• Brief
Return the number of lines below that contain "const"; nothing else belongs in the reply.

Available records section start

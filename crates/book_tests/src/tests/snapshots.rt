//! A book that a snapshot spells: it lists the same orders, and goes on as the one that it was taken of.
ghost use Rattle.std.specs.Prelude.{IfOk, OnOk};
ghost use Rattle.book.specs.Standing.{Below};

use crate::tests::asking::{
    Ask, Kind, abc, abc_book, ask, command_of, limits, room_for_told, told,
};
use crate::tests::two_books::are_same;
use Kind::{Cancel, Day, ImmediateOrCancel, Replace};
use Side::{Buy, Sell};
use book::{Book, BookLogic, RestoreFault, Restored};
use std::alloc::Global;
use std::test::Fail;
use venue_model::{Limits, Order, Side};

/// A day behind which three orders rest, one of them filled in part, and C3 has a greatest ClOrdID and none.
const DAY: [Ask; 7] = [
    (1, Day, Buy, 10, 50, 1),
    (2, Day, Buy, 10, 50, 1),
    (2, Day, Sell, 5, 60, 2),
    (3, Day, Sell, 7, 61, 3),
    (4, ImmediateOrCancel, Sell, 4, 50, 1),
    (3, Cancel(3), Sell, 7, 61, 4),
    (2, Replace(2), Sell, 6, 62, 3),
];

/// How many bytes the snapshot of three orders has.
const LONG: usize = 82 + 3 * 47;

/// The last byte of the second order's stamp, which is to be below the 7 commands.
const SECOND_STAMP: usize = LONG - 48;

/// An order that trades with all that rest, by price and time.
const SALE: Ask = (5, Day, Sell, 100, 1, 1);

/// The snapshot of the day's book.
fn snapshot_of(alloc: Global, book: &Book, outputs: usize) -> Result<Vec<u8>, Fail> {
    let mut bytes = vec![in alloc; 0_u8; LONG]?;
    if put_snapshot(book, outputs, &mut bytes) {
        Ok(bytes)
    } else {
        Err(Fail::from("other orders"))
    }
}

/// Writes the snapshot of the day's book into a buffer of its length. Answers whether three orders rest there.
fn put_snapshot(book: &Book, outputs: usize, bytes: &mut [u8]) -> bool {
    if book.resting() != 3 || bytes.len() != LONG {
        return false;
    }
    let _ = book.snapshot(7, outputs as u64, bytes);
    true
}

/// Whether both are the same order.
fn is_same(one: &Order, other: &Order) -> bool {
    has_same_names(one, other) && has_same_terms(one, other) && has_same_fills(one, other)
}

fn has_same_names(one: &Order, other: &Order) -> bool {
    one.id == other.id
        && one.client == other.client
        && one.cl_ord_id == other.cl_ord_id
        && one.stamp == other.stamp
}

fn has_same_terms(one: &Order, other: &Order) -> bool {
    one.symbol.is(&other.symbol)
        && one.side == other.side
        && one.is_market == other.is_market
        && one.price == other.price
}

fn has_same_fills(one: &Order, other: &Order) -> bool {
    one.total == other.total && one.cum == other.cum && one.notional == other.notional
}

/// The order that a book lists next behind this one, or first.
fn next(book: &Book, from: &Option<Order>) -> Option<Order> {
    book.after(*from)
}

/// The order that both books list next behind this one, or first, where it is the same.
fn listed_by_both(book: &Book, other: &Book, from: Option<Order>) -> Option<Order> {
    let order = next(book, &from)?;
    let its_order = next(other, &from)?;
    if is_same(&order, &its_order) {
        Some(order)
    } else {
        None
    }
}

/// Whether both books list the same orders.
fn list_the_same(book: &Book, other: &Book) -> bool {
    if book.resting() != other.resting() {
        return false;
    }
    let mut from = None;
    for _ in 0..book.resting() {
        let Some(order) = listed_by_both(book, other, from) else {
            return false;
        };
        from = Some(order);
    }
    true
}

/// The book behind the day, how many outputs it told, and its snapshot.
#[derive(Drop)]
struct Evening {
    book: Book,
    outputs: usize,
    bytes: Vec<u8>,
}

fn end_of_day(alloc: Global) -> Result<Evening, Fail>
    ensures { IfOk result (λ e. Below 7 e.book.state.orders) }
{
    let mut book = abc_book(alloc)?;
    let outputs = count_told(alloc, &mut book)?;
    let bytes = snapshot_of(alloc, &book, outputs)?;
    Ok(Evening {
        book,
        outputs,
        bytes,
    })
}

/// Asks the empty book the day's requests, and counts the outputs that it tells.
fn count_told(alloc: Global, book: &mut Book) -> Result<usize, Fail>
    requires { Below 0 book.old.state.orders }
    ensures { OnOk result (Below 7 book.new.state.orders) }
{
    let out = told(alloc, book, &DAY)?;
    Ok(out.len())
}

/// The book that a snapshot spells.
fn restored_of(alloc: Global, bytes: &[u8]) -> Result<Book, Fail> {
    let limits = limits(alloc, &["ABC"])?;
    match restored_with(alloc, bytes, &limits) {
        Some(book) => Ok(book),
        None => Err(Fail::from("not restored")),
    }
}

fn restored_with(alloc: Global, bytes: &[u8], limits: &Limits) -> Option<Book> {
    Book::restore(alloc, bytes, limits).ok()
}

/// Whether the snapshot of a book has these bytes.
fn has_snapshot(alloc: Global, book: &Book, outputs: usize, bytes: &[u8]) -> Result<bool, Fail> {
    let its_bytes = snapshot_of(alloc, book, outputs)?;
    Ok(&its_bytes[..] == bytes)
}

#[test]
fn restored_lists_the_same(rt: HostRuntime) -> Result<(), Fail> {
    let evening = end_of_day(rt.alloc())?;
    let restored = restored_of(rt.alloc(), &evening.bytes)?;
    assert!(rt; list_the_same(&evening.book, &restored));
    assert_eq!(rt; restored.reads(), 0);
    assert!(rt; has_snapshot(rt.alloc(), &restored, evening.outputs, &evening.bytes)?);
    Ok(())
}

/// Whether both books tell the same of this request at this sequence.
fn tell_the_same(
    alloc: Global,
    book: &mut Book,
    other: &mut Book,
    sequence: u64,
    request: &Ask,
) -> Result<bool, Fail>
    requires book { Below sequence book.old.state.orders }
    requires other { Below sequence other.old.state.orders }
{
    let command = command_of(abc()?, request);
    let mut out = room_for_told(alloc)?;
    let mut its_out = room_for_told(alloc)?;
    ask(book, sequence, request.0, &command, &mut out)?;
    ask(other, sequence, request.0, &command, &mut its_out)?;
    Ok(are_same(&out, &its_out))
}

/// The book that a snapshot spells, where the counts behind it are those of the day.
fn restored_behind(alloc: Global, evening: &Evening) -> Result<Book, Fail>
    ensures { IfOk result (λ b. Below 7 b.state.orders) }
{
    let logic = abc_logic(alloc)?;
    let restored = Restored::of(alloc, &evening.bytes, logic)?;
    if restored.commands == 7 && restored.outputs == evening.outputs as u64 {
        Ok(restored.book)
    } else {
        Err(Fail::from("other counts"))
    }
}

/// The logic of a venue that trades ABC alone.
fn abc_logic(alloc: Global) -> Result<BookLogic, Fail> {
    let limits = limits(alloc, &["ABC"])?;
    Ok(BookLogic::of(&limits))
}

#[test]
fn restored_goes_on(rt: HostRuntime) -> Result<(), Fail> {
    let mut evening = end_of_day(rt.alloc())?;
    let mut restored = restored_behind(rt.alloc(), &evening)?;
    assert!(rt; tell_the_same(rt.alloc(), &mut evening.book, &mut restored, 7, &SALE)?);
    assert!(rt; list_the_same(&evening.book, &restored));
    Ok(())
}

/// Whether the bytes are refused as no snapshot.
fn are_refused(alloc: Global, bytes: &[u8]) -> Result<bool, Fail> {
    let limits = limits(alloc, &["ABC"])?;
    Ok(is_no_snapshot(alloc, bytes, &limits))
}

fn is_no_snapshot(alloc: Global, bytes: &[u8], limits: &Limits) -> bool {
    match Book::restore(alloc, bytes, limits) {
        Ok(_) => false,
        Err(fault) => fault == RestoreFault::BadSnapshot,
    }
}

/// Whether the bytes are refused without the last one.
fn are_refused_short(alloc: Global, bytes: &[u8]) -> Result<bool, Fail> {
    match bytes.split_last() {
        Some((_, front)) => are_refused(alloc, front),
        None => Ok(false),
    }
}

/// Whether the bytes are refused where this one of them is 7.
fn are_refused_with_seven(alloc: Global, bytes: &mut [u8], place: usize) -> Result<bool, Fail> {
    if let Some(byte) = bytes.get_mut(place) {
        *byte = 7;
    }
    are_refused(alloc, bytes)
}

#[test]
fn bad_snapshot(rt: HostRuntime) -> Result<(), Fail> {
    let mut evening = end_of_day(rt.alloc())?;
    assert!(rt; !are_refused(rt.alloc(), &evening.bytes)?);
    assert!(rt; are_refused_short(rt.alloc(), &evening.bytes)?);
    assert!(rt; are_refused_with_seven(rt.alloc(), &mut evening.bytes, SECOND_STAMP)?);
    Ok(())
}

Available records section end

• Output of the exercise
4